Noting a split of authority interpreting the Holder Rule, but analyzing the Holder Rule according to what the Court saw as the plain meaning of its language, the Court of Appeal ruled that the Holder Rule allows a consumer to assert against the holder of a consumer credit contract "all claims and defenses" that the consumer could assert against the seller, including claims based on negligence and the CLRA. See Music Acceptance Corp. v. Lofing, 32 Cal. App.4th 610, 627-28 (1995)(noting in part that in abrogating the holder in due course doctrine in consumer credit transactions, the FTC shifted the burden of seller misconduct to the creditor); Oxford Fin. Companies, Inc. v. Velez, 807 S.W.2d 460, 463 (Tex. App. 1991). In so ruling, the Court rejected Bank's assertion that the Holder Rule was ambiguous and limited to those situations where a seller's breach of contract rendered the transaction "practically worthless." See, e.g., Ford Motor Credit Co. v. Morgan, 536 N.E.2d 587 (1989)(avoiding "plain meaning" interpretation of Holder Rule).

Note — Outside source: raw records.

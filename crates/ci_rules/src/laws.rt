//! Which rules the code of a project keeps.
ghost use Rattle.ci_rules.specs.Laws.{CodeKeepsRules, TranslationFits, TranslationKeepsRules};

use ci_translation::laws::translation_is_code;

/// Code that is that of a bound project, place by place, breaks no rule.
pub fn code_keeps_rules()
    ensures { CodeKeepsRules }
{}

/// The translation of a bound project breaks no rule.
pub fn translation_keeps_rules()
    ensures { TranslationKeepsRules }
{
    translation_is_code();
}

/// The lists of a bound project's translation fit one another, where it has fewer than 2^32 places.
pub fn translation_fits()
    ensures { TranslationFits }
{
    translation_is_code();
}
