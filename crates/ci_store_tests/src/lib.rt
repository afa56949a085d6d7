//! Tests of the store and its tasks: requests and events one after another, as tables. Nothing but tests stands here. They are a
//! crate of their own so that they are proved again only where the crates below them change.
#![tactic(auto)]

#[cfg(test)]
mod arguments;
#[cfg(test)]
mod clock;
#[cfg(test)]
mod events;
#[cfg(test)]
mod kills;
#[cfg(test)]
mod limits;
#[cfg(test)]
mod play;
#[cfg(test)]
mod project;
#[cfg(test)]
mod shown;
#[cfg(test)]
mod steps;
#[cfg(test)]
mod tasks;
#[cfg(test)]
mod time;
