//! Kills of tasks, however they stand.
use crate::play::{Row, follow};
use crate::steps::{Ask, Step, Tell};
use std::test::Fail;

static KILLS: [Row; 62] = [
    (Step::By(1, Ask::SemOpen("s", 2)), "1 0"),
    (Step::By(1, Ask::QueOpen("q", 2)), "2 0"),
    (Step::By(1, Ask::SemWait(1, -1)), "0 0"),
    // One that waits for a semaphore, the first in its line.
    (Step::By(2, Ask::SemWait(1, -1)), "waits"),
    (Step::By(3, Ask::SemWait(1, 5)), "waits"),
    (Step::By(1, Ask::TaskKill(2)), "0 0"),
    (Step::By(1, Ask::SemSignal(1)), "0 0; 3 gets 0 0"),
    // One that waits for a queue, the first in its line.
    (Step::By(4, Ask::QueRead(2, 1)), "waits"),
    (Step::By(5, Ask::QueRead(2, 1)), "waits"),
    (Step::Script(Tell::Kill(4)), "0 0"),
    (
        Step::Script(Tell::Put("q", 1, "x")),
        "0 0; 5 gets 0 0 1 \"x\"",
    ),
    // One that sleeps.
    (Step::By(9, Ask::SleepMS(10)), "waits"),
    (Step::By(1, Ask::TaskKill(9)), "0 0"),
    (Step::Script(Tell::Tick(5000)), "0 0"),
    // One that waits for a section and owns another one.
    (Step::By(1, Ask::Enter("a")), "0 0"),
    (Step::By(6, Ask::Enter("b")), "0 0"),
    (Step::By(6, Ask::Enter("a")), "waits"),
    (Step::By(7, Ask::Enter("b")), "waits"),
    (Step::By(8, Ask::Enter("b")), "waits"),
    (
        Step::Tasks,
        "1 ready, 2 killed, 3 ready, 4 killed, 5 ready, 6 waits section \"a\", 7 waits section \"b\", 8 waits section \"b\", 9 killed, 10 ready, 11 ready, live 1 3 5 6 7 8 10 11",
    ),
    (Step::By(1, Ask::TaskKill(6)), "0 0; 7 gets 0 0"),
    (Step::Owner("b"), "7"),
    (Step::Owner("a"), "1"),
    (Step::By(1, Ask::Leave("a")), "0 0"),
    (Step::Owner("a"), "nobody"),
    // One that waits for a section, the last in its line.
    (Step::Script(Tell::Kill(8)), "0 0"),
    (Step::By(7, Ask::Leave("b")), "0 0"),
    (Step::Owner("b"), "nobody"),
    // One that owns two sections, one of them twice.
    (Step::By(10, Ask::Enter("z")), "0 0"),
    (Step::By(10, Ask::Enter("m")), "0 0"),
    (Step::By(10, Ask::Enter("m")), "0 0"),
    (Step::By(7, Ask::Enter("z")), "waits"),
    (Step::By(5, Ask::Enter("m")), "waits"),
    (Step::By(3, Ask::Enter("m")), "waits"),
    (
        Step::By(1, Ask::TaskKill(10)),
        "0 0; 5 gets 0 0; 7 gets 0 0",
    ),
    (Step::Owner("m"), "5"),
    (Step::Owner("z"), "7"),
    (Step::By(5, Ask::Leave("m")), "0 0; 3 gets 0 0"),
    (Step::By(3, Ask::Leave("m")), "0 0"),
    (Step::Owner("m"), "nobody"),
    // One that is suspended, and one that is suspended and waits.
    (Step::Script(Tell::Suspend(3)), "0 0"),
    (Step::By(1, Ask::TaskKill(3)), "0 0"),
    (Step::By(5, Ask::QueRead(2, 1)), "waits"),
    (Step::By(1, Ask::TaskSuspend(5)), "0 0"),
    (Step::Script(Tell::Kill(5)), "0 0"),
    (Step::Script(Tell::Put("q", 2, "y")), "0 0"),
    (Step::By(1, Ask::QueLength(2)), "1 0"),
    // One that has ended or was killed before, and numbers that no task has.
    (Step::By(11, Ask::Enter("z")), "waits"),
    (Step::By(7, Ask::End(0)), "ends; 11 gets 0 0"),
    (Step::Owner("z"), "11"),
    (Step::Script(Tell::Kill(7)), "1 1"),
    (Step::By(1, Ask::TaskKill(10)), "1 1"),
    (Step::Script(Tell::Kill(0)), "1 1"),
    (Step::Script(Tell::Kill(-1)), "1 1"),
    (Step::Script(Tell::Kill(12)), "1 1"),
    // The killer itself.
    (Step::By(1, Ask::Enter("k")), "0 0"),
    (Step::By(11, Ask::Enter("k")), "waits"),
    (Step::By(1, Ask::TaskKill(1)), "ends; 11 gets 0 0"),
    (Step::Owner("k"), "11"),
    (Step::Owner("z"), "11"),
    // The unit that the third task took stays taken.
    (Step::By(11, Ask::SemWait(1, 0)), "2 2"),
    (
        Step::Tasks,
        "1 killed, 2 killed, 3 killed suspended, 4 killed, 5 killed suspended, 6 killed, 7 ended 0, 8 killed, 9 killed, 10 killed, 11 ready, live 11",
    ),
];

#[test]
fn a_task_is_killed_however_it_stands(rt: HostRuntime) -> Result<(), Fail> {
    follow(&rt, rt.alloc(), 11, &KILLS)
}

With respect to damages, the Court also ruled that, as expressly stated in the Holder Rule, Consumers' recovery against Dealer and Bank was limited to the amount they already paid under the installment contract.
Turning to the lower court's dismissal of the causes of action based on alleged CLRA violations, and negligence, the appellate court concluded that Consumers were not barred from asserting those causes of action. Among other things in so doing, the court determined that, contrary to Bank's assertion, Consumers had satisfied the CLRA's notice requirements by their various letters to Bank, Dealer and the manufacturer. Second, clarifying the distinction between the causes of action for negligence and negligent credit defamation, the court ruled that to the extent the negligence claim was based on the alleged failure to repair the motor home and not on derogatory remarks on Consumers' credit reports, the negligence cause of action against Bank remained viable. However, with respect to Consumers' claim that Bank negligently reported inaccurate credit information to credit agencies, the court ruled that, pursuant to the express preemption provision in the FCRA, their state-law cause of action for negligent credit defamation was preempted.
Finally, ruling that Consumers were not third-party beneficiaries of the dealer agreement between Bank and Dealer because Dealer made warranties under that agreement specifically to benefit Bank and not Consumers, the Court concluded that Consumers lacked standing to seek declaratory and injunctive relief under the dealer agreement. The Court also ruled that Consumers had forfeited their remaining causes of action for failure to present sufficient legal arguments.
Accordingly, the Court reversed the judgment in Bank's favor on the CLRA and negligence causes of action and also reversed the lower court's order awarding attorney's fees and costs to Bank.